Stored items from a collection:
# # # # # # #
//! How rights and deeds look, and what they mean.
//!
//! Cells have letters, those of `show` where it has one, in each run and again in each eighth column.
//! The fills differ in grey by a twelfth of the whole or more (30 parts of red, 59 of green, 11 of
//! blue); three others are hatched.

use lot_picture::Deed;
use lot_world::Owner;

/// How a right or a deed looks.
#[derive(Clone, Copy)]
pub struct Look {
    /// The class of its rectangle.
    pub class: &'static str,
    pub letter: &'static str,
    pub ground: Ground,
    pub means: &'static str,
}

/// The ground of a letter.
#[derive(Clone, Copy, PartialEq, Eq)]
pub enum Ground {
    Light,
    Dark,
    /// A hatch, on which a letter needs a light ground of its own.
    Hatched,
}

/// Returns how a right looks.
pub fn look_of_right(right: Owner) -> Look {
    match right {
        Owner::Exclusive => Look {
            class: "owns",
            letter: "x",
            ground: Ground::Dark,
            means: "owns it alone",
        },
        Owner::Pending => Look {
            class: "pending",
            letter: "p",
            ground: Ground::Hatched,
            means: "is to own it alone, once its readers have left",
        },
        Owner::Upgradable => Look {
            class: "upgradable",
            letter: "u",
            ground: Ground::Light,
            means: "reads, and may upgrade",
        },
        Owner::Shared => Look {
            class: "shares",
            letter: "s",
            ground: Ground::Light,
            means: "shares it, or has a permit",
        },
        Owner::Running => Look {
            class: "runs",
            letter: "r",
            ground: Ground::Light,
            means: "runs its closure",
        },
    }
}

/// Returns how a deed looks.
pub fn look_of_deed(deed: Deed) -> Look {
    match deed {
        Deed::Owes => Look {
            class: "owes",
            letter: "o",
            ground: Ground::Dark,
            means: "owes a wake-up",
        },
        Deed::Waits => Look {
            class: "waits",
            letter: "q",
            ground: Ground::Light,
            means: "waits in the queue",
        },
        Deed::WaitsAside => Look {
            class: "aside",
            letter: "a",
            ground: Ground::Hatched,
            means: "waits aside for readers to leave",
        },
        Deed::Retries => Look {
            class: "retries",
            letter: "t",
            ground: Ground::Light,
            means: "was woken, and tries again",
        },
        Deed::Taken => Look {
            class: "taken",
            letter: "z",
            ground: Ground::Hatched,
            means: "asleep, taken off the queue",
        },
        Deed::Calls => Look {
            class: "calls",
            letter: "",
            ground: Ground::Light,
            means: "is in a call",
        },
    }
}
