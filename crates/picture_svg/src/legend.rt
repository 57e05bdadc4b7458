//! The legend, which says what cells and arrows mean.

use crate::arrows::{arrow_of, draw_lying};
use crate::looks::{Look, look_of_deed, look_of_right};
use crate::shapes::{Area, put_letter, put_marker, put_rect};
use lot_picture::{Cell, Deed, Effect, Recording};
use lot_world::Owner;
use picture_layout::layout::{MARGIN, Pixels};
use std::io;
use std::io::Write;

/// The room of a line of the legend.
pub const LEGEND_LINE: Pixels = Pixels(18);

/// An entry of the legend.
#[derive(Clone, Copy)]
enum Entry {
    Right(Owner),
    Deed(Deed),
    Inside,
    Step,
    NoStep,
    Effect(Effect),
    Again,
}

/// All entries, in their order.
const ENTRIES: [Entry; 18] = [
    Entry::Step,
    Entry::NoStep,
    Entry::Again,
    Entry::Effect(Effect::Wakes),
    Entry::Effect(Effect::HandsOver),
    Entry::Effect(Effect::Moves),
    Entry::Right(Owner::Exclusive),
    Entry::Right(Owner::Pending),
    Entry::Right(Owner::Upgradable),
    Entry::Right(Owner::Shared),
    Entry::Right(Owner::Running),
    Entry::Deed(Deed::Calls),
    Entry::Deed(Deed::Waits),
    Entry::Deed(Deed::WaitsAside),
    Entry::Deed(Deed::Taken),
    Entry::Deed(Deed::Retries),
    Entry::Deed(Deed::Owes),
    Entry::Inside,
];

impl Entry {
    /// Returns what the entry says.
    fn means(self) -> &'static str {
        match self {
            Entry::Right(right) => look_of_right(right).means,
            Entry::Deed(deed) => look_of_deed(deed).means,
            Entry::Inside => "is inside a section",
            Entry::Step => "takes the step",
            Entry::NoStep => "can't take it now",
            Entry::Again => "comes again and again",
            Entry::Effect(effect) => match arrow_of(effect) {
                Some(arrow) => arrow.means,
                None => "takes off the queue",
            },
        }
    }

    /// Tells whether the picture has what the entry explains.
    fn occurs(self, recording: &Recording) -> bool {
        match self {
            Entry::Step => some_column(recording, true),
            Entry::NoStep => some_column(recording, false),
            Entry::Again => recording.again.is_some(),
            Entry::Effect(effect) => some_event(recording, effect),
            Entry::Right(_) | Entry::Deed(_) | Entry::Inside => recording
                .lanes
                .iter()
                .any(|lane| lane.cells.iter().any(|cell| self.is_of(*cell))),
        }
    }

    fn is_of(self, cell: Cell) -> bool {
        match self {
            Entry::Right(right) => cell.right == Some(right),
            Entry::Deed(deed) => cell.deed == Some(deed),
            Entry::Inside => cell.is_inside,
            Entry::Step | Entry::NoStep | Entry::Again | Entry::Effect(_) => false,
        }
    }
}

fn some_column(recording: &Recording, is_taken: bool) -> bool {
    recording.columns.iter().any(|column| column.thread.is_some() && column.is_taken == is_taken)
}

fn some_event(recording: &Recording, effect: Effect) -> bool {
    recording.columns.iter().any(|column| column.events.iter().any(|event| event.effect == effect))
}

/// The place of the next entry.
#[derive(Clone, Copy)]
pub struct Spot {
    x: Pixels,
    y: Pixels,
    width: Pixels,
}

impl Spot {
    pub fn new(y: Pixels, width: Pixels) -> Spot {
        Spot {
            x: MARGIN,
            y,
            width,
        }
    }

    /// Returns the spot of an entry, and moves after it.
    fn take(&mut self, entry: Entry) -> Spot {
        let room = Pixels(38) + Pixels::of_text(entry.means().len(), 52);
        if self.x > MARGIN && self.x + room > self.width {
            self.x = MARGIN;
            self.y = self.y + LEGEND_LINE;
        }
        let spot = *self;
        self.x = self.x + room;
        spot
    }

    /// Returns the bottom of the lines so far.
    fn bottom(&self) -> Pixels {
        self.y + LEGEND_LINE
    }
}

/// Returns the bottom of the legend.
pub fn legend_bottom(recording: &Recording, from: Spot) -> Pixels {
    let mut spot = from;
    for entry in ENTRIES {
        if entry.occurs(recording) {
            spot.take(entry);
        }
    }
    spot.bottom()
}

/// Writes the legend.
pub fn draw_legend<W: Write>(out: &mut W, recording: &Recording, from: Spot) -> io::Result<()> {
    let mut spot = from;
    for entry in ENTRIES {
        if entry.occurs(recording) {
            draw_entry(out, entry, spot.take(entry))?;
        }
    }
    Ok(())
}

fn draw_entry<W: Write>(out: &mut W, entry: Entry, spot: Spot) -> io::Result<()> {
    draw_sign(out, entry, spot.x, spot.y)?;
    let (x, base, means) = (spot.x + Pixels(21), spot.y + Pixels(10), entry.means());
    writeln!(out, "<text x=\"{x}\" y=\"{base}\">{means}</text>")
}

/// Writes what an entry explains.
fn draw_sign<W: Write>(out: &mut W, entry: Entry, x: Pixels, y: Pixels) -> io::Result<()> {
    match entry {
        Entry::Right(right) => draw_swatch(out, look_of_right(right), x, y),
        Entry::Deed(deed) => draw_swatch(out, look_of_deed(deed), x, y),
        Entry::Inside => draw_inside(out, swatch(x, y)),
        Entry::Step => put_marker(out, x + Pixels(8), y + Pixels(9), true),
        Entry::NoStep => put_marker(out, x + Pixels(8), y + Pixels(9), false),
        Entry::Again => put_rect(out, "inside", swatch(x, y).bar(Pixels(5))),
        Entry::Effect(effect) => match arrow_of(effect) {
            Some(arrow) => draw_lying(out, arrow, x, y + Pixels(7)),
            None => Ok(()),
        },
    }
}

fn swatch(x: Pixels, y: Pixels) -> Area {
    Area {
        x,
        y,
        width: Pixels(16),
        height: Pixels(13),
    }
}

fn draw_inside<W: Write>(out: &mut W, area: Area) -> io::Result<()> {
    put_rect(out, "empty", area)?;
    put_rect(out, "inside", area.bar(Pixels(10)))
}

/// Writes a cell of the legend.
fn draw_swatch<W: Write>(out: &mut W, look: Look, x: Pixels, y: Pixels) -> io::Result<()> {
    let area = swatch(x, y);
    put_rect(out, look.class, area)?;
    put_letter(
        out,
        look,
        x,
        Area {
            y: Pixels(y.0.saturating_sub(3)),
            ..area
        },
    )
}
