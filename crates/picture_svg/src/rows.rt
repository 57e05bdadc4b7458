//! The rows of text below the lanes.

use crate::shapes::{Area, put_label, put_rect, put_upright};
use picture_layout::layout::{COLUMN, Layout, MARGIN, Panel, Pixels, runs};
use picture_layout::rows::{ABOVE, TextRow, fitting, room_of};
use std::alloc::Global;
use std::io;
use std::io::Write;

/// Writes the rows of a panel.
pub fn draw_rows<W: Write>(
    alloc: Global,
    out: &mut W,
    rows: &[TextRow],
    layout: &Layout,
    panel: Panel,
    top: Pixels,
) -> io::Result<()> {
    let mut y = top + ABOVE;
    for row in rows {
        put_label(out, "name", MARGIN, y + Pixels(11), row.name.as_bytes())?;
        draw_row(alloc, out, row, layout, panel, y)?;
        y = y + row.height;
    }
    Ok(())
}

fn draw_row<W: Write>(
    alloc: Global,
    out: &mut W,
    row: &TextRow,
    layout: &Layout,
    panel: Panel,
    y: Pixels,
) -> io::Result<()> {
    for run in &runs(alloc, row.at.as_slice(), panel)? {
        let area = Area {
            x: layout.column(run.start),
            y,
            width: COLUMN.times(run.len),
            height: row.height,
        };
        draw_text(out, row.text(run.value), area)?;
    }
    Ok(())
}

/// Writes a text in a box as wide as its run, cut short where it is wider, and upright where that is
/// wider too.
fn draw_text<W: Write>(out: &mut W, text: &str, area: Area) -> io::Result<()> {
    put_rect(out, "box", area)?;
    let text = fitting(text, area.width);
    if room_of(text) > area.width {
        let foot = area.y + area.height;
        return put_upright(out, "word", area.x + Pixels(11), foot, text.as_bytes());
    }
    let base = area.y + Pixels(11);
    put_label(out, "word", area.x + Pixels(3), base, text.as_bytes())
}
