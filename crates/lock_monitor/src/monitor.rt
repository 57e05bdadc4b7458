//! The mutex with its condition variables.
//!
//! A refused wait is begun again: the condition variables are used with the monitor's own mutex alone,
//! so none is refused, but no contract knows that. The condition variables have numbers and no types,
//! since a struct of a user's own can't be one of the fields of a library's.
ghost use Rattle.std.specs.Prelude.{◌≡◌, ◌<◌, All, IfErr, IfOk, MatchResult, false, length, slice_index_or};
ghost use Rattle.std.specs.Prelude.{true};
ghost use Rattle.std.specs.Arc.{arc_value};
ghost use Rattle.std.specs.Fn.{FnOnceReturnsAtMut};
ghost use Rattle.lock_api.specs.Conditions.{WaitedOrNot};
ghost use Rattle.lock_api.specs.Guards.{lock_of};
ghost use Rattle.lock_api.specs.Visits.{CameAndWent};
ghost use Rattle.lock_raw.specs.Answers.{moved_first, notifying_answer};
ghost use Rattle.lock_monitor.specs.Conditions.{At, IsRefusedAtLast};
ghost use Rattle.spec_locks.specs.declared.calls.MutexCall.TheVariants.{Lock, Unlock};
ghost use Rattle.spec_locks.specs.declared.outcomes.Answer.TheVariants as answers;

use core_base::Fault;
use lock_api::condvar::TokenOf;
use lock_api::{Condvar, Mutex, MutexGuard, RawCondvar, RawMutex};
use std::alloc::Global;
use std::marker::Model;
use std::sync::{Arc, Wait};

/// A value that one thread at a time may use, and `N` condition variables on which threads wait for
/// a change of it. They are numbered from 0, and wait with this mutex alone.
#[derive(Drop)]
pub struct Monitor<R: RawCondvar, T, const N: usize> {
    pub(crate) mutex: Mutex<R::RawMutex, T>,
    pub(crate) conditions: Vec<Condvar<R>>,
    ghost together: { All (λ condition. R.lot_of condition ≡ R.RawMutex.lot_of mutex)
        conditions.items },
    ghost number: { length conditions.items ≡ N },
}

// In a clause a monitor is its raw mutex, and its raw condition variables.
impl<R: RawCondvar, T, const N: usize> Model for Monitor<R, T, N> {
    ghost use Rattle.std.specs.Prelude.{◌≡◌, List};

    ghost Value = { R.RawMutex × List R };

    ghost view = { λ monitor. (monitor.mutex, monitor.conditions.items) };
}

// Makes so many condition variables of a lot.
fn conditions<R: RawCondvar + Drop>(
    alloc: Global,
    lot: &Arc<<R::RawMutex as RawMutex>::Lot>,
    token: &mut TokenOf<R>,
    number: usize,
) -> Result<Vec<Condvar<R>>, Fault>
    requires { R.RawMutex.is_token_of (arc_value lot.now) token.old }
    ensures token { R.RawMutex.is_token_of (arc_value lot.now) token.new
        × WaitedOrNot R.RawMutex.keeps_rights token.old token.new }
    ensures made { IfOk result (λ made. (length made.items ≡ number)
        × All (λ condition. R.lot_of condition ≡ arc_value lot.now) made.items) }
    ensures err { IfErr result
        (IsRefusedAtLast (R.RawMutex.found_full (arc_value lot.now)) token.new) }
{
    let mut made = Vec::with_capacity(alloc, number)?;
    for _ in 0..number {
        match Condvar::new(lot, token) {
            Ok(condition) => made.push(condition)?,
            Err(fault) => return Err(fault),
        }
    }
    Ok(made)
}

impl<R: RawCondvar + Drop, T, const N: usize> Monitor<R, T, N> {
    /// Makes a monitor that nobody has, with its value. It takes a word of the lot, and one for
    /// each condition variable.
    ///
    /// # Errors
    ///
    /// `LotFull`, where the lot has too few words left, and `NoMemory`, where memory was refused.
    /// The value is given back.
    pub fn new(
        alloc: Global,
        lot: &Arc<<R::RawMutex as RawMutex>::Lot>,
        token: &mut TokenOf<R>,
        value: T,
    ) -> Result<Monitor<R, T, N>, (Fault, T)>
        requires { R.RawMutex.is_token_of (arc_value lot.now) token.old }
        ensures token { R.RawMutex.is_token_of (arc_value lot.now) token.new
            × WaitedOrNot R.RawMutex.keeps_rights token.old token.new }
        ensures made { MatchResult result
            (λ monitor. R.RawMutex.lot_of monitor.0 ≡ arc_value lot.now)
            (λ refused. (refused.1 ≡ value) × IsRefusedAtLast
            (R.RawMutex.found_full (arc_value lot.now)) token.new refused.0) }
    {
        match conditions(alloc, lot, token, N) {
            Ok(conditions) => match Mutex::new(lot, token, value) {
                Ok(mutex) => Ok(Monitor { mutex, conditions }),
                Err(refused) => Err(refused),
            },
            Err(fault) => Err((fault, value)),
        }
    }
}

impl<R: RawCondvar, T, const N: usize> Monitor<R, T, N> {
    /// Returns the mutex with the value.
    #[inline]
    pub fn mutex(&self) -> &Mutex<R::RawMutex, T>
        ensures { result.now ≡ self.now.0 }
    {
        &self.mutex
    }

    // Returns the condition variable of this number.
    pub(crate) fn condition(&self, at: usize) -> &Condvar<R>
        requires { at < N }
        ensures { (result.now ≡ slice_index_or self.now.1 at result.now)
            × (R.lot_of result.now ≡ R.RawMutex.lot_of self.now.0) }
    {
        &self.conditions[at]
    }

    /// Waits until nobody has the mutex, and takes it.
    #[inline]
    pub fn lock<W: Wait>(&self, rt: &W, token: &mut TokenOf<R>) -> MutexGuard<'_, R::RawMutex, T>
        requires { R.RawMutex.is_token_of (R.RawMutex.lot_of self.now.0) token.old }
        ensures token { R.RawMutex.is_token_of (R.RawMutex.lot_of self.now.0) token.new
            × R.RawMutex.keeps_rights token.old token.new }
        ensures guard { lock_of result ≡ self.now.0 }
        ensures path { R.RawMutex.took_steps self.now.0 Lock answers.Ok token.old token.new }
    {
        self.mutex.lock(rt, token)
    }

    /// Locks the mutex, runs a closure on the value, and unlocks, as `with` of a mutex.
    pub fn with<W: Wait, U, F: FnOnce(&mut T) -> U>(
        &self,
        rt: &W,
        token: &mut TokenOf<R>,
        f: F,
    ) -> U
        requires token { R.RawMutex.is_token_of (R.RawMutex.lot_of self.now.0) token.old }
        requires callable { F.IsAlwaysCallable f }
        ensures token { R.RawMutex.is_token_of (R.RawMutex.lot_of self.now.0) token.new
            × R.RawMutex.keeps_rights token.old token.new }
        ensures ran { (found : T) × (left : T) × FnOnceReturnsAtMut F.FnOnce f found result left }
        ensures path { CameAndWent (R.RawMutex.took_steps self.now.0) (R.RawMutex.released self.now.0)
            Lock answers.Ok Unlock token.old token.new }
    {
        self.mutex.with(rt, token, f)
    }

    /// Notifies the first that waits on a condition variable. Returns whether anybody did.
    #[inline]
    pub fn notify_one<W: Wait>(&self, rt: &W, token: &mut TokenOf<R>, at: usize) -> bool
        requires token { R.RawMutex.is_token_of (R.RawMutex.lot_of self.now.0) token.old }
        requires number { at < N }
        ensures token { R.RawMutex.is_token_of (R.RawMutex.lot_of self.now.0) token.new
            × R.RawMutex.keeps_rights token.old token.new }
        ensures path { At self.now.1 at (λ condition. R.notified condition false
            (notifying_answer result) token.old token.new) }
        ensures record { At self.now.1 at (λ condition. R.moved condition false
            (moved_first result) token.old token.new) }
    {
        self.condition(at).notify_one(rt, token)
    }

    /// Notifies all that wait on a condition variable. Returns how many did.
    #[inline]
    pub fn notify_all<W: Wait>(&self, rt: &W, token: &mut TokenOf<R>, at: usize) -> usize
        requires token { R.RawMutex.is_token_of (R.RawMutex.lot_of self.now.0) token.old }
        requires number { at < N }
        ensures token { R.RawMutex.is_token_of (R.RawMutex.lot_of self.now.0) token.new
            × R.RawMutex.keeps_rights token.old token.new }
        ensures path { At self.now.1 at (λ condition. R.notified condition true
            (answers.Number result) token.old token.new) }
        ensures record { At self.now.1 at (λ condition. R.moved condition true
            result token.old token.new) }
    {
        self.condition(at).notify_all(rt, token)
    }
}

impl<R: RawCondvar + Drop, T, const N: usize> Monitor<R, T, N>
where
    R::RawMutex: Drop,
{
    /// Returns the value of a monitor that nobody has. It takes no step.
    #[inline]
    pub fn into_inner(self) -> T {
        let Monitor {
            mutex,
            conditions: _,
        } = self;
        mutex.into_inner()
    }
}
# # # # # # #
** INSTRUCTIONS FOR THE TASK **
Check each line of the entries above for the word "Exclusive". List the ones that have it.

** RESPONSE TO THE EXERCISE **
        Owner::Exclusive => Look {
    Entry::Right(Owner::Exclusive),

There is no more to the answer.